Like our children, we want our characters to be perfect, so we naturally want to give them streamlined, worry-free lives where they do no wrong. But really, where’s the fun in that? We have to have growth and change in our characters, otherwise, there is no story. It’s a great big yawner from the first page.
A long time ago I got a handwritten note on my returned manuscript from an editor. I can still remember it, word for word: “Your character has no redeeming qualities.”
Wow. I guess I went completely to the dark side. Basically this editor was saying she hated my main character, and not necessarily in a Voldemort Darth Vader love-to-hate sort of way.

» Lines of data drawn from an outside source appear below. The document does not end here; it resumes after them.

//! Each write fails in turn, and the flush; a writer that takes one byte per call, or none.

ghost use Rattle.std.specs.Prelude.{◌<◌};

use super::cases::cases;
use super::*;

/// Returns the line of the input at which a byte of the output is written: the last one if that is at the end.
fn line_of_byte(case: &Case, texts: &Texts, place: usize) -> u64 {
    for (lines, count) in case.after.iter().enumerate() {
        if place < length_of_lines(texts.output.as_slice(), *count) {
            return lines as u64;
        }
    }
    last_line(case)
}

fn last_line(case: &Case) -> u64 {
    (case.after.len() as u64).saturating_sub(1)
}

fn has_failed_at(alloc: Global, case: &Case, left: &Left, line: u64) -> Result<bool, Fail> {
    let at = At {
        line,
        fault: Fault::WriteFailed,
    };
    let wanted = messages_until(alloc, case, line, at)?;
    Ok(left.outcome == outcome_at(at) && left.messages.contents() == wanted.as_slice())
}

/// Returns whether just `taken` bytes were written if the writer fails after them.
fn fails_after(alloc: Global, case: &Case, texts: &Texts, taken: usize) -> Result<bool, Fail> {
    let devices = Devices {
        writes: Plan::from_then_on(When::AfterBytes(taken)),
        ..good(7)
    };
    let left = run_case(alloc, case, texts, devices)?;
    let has_failed = has_failed_at(alloc, case, &left, line_of_byte(case, texts, taken))?;
    let output = left.writer.contents();
    Ok(
        has_failed
            && left.writer.flushes() == 0
            && output.len() == taken
            && texts.output.as_slice().starts_with(output),
    )
}

#[test]
fn each_write_fails(rt: HostRuntime) -> Result<(), Fail> {
    for case in cases() {
        let texts = Texts::of(rt.alloc(), case)?;
        for taken in 0..texts.output.len() {
            let is_so = fails_after(rt.alloc(), case, &texts, taken)?;
            expect_at(&rt, is_so, case.name, taken);
        }
    }
    Ok(())
}

/// Returns whether the run over devices that take and return at most `at_most` bytes per call is the good one,
/// with one flush.
fn goes_well(alloc: Global, case: &Case, texts: &Texts, at_most: usize) -> Result<bool, Fail>
    requires { 0 < at_most }
{
    let left = run_case(alloc, case, texts, good(at_most))?;
    Ok(
        left.outcome == case.outcome
            && left.writer.contents() == texts.output.as_slice()
            && left.messages.contents() == texts.messages.as_slice()
            && left.writer.flushes() == 1,
    )
}

#[test]
fn a_few_bytes_a_call(rt: HostRuntime) -> Result<(), Fail> {
    for case in cases() {
        let texts = Texts::of(rt.alloc(), case)?;
        for at_most in [1, 2, 3, 64, ROOM] {
            let is_so = goes_well(rt.alloc(), case, &texts, at_most)?;
            expect_at(&rt, is_so, case.name, at_most);
        }
    }
    Ok(())
}

/// Returns whether the first write ends the run, and no write follows it, if the writer takes no byte, though
/// none of its calls is made to fail.
fn takes_none(alloc: Global, case: &Case, texts: &Texts) -> Result<bool, Fail> {
    let devices = Devices {
        written_at_most: 0,
        ..good(ROOM)
    };
    let left = run_case(alloc, case, texts, devices)?;
    if !left.writer.contents().is_empty() {
        return Ok(false);
    }
    if texts.output.is_empty() {
        return Ok(left.outcome == case.outcome);
    }
    let has_failed = has_failed_at(alloc, case, &left, line_of_byte(case, texts, 0))?;
    Ok(has_failed && left.writer.writes() == 1 && left.writer.flushes() == 0)
}

#[test]
fn no_byte_is_taken(rt: HostRuntime) -> Result<(), Fail> {
    for case in cases() {
        let texts = Texts::of(rt.alloc(), case)?;
        let is_so = takes_none(rt.alloc(), case, &texts)?;
        expect(&rt, is_so, case.name);
    }
    Ok(())
}

/// Returns whether all output is written if the flush fails, and this is reported at the last line, unless a
/// fault was before.
fn flush_fails(alloc: Global, case: &Case) -> Result<bool, Fail> {
    let texts = Texts::of(alloc, case)?;
    let devices = Devices {
        flushes: Plan::from_then_on(When::AfterCalls(0)),
        ..good(ROOM)
    };
    let left = run_case(alloc, case, &texts, devices)?;
    if left.writer.contents() != texts.output.as_slice() || left.writer.flushes() != 1 {
        return Ok(false);
    }
    if case.outcome.fault.is_some() {
        return Ok(left.outcome == case.outcome);
    }
    has_failed_at(alloc, case, &left, last_line(case))
}

#[test]
fn each_flush_fails(rt: HostRuntime) -> Result<(), Fail> {
    for case in cases() {
        expect(&rt, flush_fails(rt.alloc(), case)?, case.name);
    }
    Ok(())
}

So . . . we need to be somewhere in the middle. The only way we can do that is to really know our characters. I used to think I could get to know my character as I schlepped through my story. But that can get me in a whole world of trouble, sending my character every which way in a confusing story world.
I will now defer to the late great Ray Bradbury who once said, “Find out what your hero or heroine wants, and when he or she wakes up in the morning, just follow him or her all day.” –THEN start your story. Some of that information about your character will never make its way into your book. It will stay inside your head, simmering there as you write. It will, in fact, affect all of your writing, because what you know about your character will come out in bits and pieces with their dialogue, with the way they walk across the room, the way they interact with the other characters, etc.
I am going to leave you with a writing prompt to get you started: Darth Vader and Pollyanna had a baby . . . Go!